When it comes to “serious film discussions”, no genres are left out so consistently as horror and comedy, with the few auteur-led examples able to break in under different labels or by straying far from the standards of the genres. Yet both genres have their adherents and provide easier entry into filmmaking than many other genres due to fewer budgetary constraints. A scary premise is scary regardless of how much money goes into the production and a premise that’s lacking can’t be saved no matter how many millions get thrown at it. Similarly, many of the funniest moments come from observations about daily life that can be easily relayed or replicated without need for massive set pieces. The similarities hardly end there though. While screams and laughter are obviously different reactions, both are often achieved through defying expectations about what should follow. They more likely reach for an immediate visceral reaction, providing gratification in the moment, than for provoking thought long after the credits roll. Even the ways the reactions are achieved are often quite similar. Buster Keaton‘s antics provoke laughter as everything goes wrong but could just as easily turn to provoking revulsion if the characters were a little less successful at pulling off their stunts. The famous Modern Times scene in the factory machine would make an excellent torture device if repurposed in a different film. Is the splatter of blood in a horror film or poop in a comedy so different? So, it makes sense that the two genres would be able to marry well, as they’ve done many times in the past and did to excellent effect in the recent Adam Sandler vehicle Hubie Halloween.
Following in Sandler’s late career streak of comedies that traded his earlier angry idiot persona for affable naïve protagonists, the comedian plays the titular Hubie Dubois, a dimwitted Halloween enthusiast at the butt of every joke who must save his town from a kidnapper. It constantly veers between horror and comedy as pranks pulled on Hubie initially seem to be the work of the supernatural or mass murderers before being revealed in humorous fashion to be the doings of kids looking for a laugh, while the actual reveal of the kidnapper is the film’s greatest punchline. Jump scares abound while werewolves and witch burnings populate Hubie’s hometown of Salem, Massachusetts, but so do elderly women wearing shirts emblazoned with phrases like “boner donor”, the contrasts making the jokes feel funnier and the eeriness creepier.
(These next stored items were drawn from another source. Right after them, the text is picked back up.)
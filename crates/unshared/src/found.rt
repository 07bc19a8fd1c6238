// Members of the program that instructions name.
ghost use Rattle.std.specs.Prelude.{◌≡◌};
ghost use Rattle.std.specs.Option.{option_copied};
ghost use Rattle.il_model.specs.Found.{method_at, method_found, field_found};
ghost use Rattle.il_model.specs.Entries.{has_slot, has_slot_in};
ghost use Rattle.unshared.specs.Silent.{Gives, there};

use crate::pause::{Halt, Pause};
use il_model::{FRef, MRef, MethodDef, Program, Shape, find_field, find_method};

/// The number of the method that is named, if its class has it.
pub(crate) fn method_found(program: &Program, named: &MRef) -> Option<u16>
    ensures { result ≡ method_found program.now named.now }
{
    find_method(program, named)
}

/// The place of the field that is named, if its class has it.
pub(crate) fn field_found(program: &Program, named: &FRef) -> Option<u16>
    ensures { result ≡ field_found program.now named.now }
{
    find_field(program, named)
}

/// The method with a number, if there is one.
pub(crate) fn method_at(program: &Program, number: u16) -> Option<&MethodDef>
    ensures { option_copied result ≡ method_at program.now number }
{
    program.methods.as_slice().get(usize::from(number))
}

/// The same, or no rule.
pub(crate) fn method_there(program: &Program, number: u16) -> Result<&MethodDef, Pause>
    ensures { Gives (λ method. method.now) (there (method_at program.now number)) result }
{
    match method_at(program, number) {
        Some(method) => Ok(method),
        None => Err(Pause::Halts(Halt::Stuck)),
    }
}

/// The number of the method that is named, or no rule.
pub(crate) fn method_named(program: &Program, named: &MRef) -> Result<u16, Pause>
    ensures { Gives (λ number. number) (there (method_found program.now named.now)) result }
{
    match method_found(program, named) {
        Some(number) => Ok(number),
        None => Err(Pause::Halts(Halt::Stuck)),
    }
}

/// The place of the field that is named, or no rule.
pub(crate) fn field_named(program: &Program, named: &FRef) -> Result<u16, Pause>
    ensures { Gives (λ place. place) (there (field_found program.now named.now)) result }
{
    match field_found(program, named) {
        Some(place) => Ok(place),
        None => Err(Pause::Halts(Halt::Stuck)),
    }
}

/// Whether a method of this shape has a slot.
pub(crate) fn has_slot(shape: Shape) -> bool
    ensures { result ≡ has_slot shape }
{
    match shape {
        Shape::Fixed | Shape::Instance => false,
        Shape::Virtual | Shape::NewSlot | Shape::Abstract => true,
    }
}

/// Whether the method with a number has a slot.
pub(crate) fn has_slot_at(program: &Program, number: u16) -> bool
    ensures { result ≡ has_slot_in (method_at program.now number) }
{
    match method_at(program, number) {
        Some(method) => has_slot(method.shape),
        None => false,
    }
}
For some though, the greatest horror Hubie Halloween presents may be that it leans fully into the legacy of Sandler’s great but often maligned filmography. The Happy Madison regulars are all here, as is Julie Bowen, in her first pairing with Adam Sandler since the classic Happy Gilmore 24 years earlier, and they bring all the stupidity and gross-out humor that made the earlier films so entertaining. In perhaps the greatest distillation of Hubie Halloween’s attempts to pay homage to both Sandler’s classics and horror classics, Hubie rides down the street, greeting the neighborhood in his friendly fashion before projectile vomiting so intensely it reminds of The Exorcist, but played to comedic effect as shouts of “O’Doyle rules” (a Billy Madison callback) ring out. After a few more serious roles in films from notable filmmakers like the Safdie brothers and Noah Baumbach, Sandler’s return to his roots and entry into horror was a welcome reminder that prestige pics and supposed low brow cinema can stand beside each other in any body of work and that more big names should be willing to have a little fun in the less respected genres every once in a while.